### [Exercise instructions]
Copy every line from the records that holds the word "text".

### [Source data]
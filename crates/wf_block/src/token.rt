//! The tokens of a mapfile, words, strings and lists with their byte offsets, and the errors of a
//! text that has none.

use std::alloc::Global;

/// What a token stands between.
#[derive(Clone, Copy)]
pub enum TokenKind {
    /// A run of bytes without quotes or braces.
    Word,
    /// The bytes between two quotes.
    Quoted,
    /// The bytes between two braces.
    Braced,
}

/// A token, which borrows from its text.
#[derive(Clone, Copy)]
pub struct Token<'a> {
    /// What it stands between.
    pub kind: TokenKind,
    /// Its byte offset in the file; that of a string is its opening quote's, that of a list its
    /// opening brace's.
    pub byte_offset: usize,
    /// Its bytes, without quotes or braces.
    pub text: &'a [u8],
}

/// Why a text has no tokens.
#[derive(Clone, Copy)]
pub enum LexFaultKind {
    /// A missing closing quote, brace or comment end, or a byte that no token may hold there.
    BadToken,
    /// A string or a list over 1,000 bytes.
    OutOfRange,
}

/// The first error of a text, from the left.
#[derive(Clone, Copy)]
pub struct LexFault {
    /// Which error it is.
    pub kind: LexFaultKind,
    /// Its byte offset in the file.
    pub byte_offset: usize,
}

/// The tokens of a text up to its end, or up to its first error.
#[derive(Drop)]
pub struct Tokens<'a> {
    /// The tokens, in order.
    pub tokens: Vec<Token<'a>, Global>,
    /// The error that ended them, if one did.
    pub fault: Option<LexFault>,
}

### [Written solution]
//! text that has none.
/// A token, which borrows from its text.
    pub text: &'a [u8],
/// Why a text has no tokens.
/// The first error of a text, from the left.
/// The tokens of a text up to its end, or up to its first error.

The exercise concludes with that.